Saved data entries

------------------------------------

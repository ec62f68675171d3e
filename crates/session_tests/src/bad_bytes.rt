//! Bytes that begin with no value.
use crate::counted::Counts;
use crate::sessions::{both, sink, source};
use ds_space::PlainSpace;
use hub_machine::Fault;
use lc_watch::{Table, Watcher};
use sr_pass::NoNames;
use srv_turns::{ReaderEnd, WriterEnd};
use std::alloc::{AllocError, Global};
use std::sync::Wait;
use std::test::Fail;

/// Bytes, and the number of their fault and its place.
const CASES: [(&[u8], u8, u8); 16] = [
    (b"\x84", 2, 0),
    (b"\xb4\x84", 2, 1),
    (b"\x86\x84", 2, 1),
    (b"\xb7\xb0\x00\x84", 2, 3),
    (b"\x87\x07", 2, 0),
    (b"\xb0\x11", 5, 0),
    (b"\xb6\x80\x80\x84", 7, 0),
    (&[0x86; 65], 8, 64),
    (b"\x80\xb1\x01\xff", 6, 1),
    (b"\x00", 2, 0),
    (b"\xb5\x84\x00", 2, 2),
    (b"\xb0\x01\x00", 4, 0),
    (b"\xb1\x80\x00", 3, 0),
    (b"\xb7\x80\xb0\x00\x80\xb0\x00\x84", 7, 0),
    (b"\x85", 2, 0),
    (b"\xb5\xb3\x03\xed\xa0\x80", 6, 1),
];

/// `<error "bad bytes" [KIND PLACE]>` before its numbers, and the first number but for itself.
const FRONT: &[u8] = b"\xb4\xb3\x05error\xb1\x09bad bytes\xb5\xb0\x01";

/// `<error "bad bytes" [KIND PLACE]>`, as it is written.
fn error_packet(alloc: Global, kind: u8, place: u8) -> Result<Vec<u8>, AllocError> {
    let mut bytes = Vec::from_slice(alloc, FRONT)?;
    bytes.push(kind)?;
    match place {
        0 => bytes.extend_from_slice(b"\xb0\x00")?,
        place => bytes.extend_from_slice(&[0xb0, 0x01, place])?,
    }
    bytes.extend_from_slice(b"\x84\x84")?;
    Ok(bytes)
}

/// Whether sessions over a link that brings these bytes, so many at a take, end so, having
/// committed so many steps, and this is put then.
fn end_so<R: Wait>(
    rt: &R,
    alloc: Global,
    link: (&[u8], usize),
    end: ReaderEnd,
    counts: Counts,
    holds: &[u8],
) -> Result<bool, AllocError> {
    let mut reads = source(alloc, link.0, link.1, &[])?;
    let mut writes = sink(alloc, &[])?;
    let ended = both::<R, PlainSpace, NoNames, Watcher<Table>>(
        rt,
        alloc,
        NoNames,
        Watcher::new(Table),
        &mut reads,
        &mut writes,
    );
    let told = ended == Some((end, WriterEnd::Ended, counts));
    Ok(told && writes.held() == holds && writes.finishes() == 1)
}

/// Whether a reader of these bytes is refused for this fault, by one bad step and nothing behind
/// it, and the error packet waits for the writer.
fn is_refused<R: Wait>(
    rt: &R,
    alloc: Global,
    case: (&[u8], u8, u8),
    piece: usize,
    packets: u64,
) -> Result<bool, AllocError> {
    let (bytes, kind, place) = case;
    let end = ReaderEnd::Refused(Fault::BadBytes(kind, u64::from(place)));
    let counts = Counts {
        packets,
        bads: 1,
        closes: 0,
    };
    let packet = error_packet(alloc, kind, place)?;
    end_so(rt, alloc, (bytes, piece), end, counts, &packet)
}

#[test]
fn what_is_no_value_is_refused_and_told(rt: HostRuntime) -> Result<(), Fail> {
    for case in CASES {
        let packets = if case.0.starts_with(b"\xb5\x84") {
            1
        } else {
            0
        };
        for piece in [1, 64] {
            assert!(rt; is_refused(&rt, rt.alloc(), case, piece, packets)?);
        }
    }
    Ok(())
}

/// Whether a reader of these bytes takes so many turns, and ends clean.
fn is_taken<R: Wait>(
    rt: &R,
    alloc: Global,
    bytes: &[u8],
    packets: u64,
) -> Result<bool, AllocError> {
    let counts = Counts {
        packets,
        bads: 0,
        closes: 1,
    };
    end_so(rt, alloc, (bytes, 1), ReaderEnd::Clean, counts, b"")
}

#[test]
fn the_empty_turn_is_taken(rt: HostRuntime) -> Result<(), Fail> {
    assert!(rt; is_taken(&rt, rt.alloc(), b"\xb5\x84", 1)?);
    assert!(rt; is_taken(&rt, rt.alloc(), b"\xb5\x84\x80\xb5\x84", 2)?);
    Ok(())
}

------------------------------------

What the task requires:
Check each line of the records above for the string "source", and report every line that has it.

Answer to the problem:
use crate::sessions::{both, sink, source};
    let mut reads = source(alloc, link.0, link.1, &[])?;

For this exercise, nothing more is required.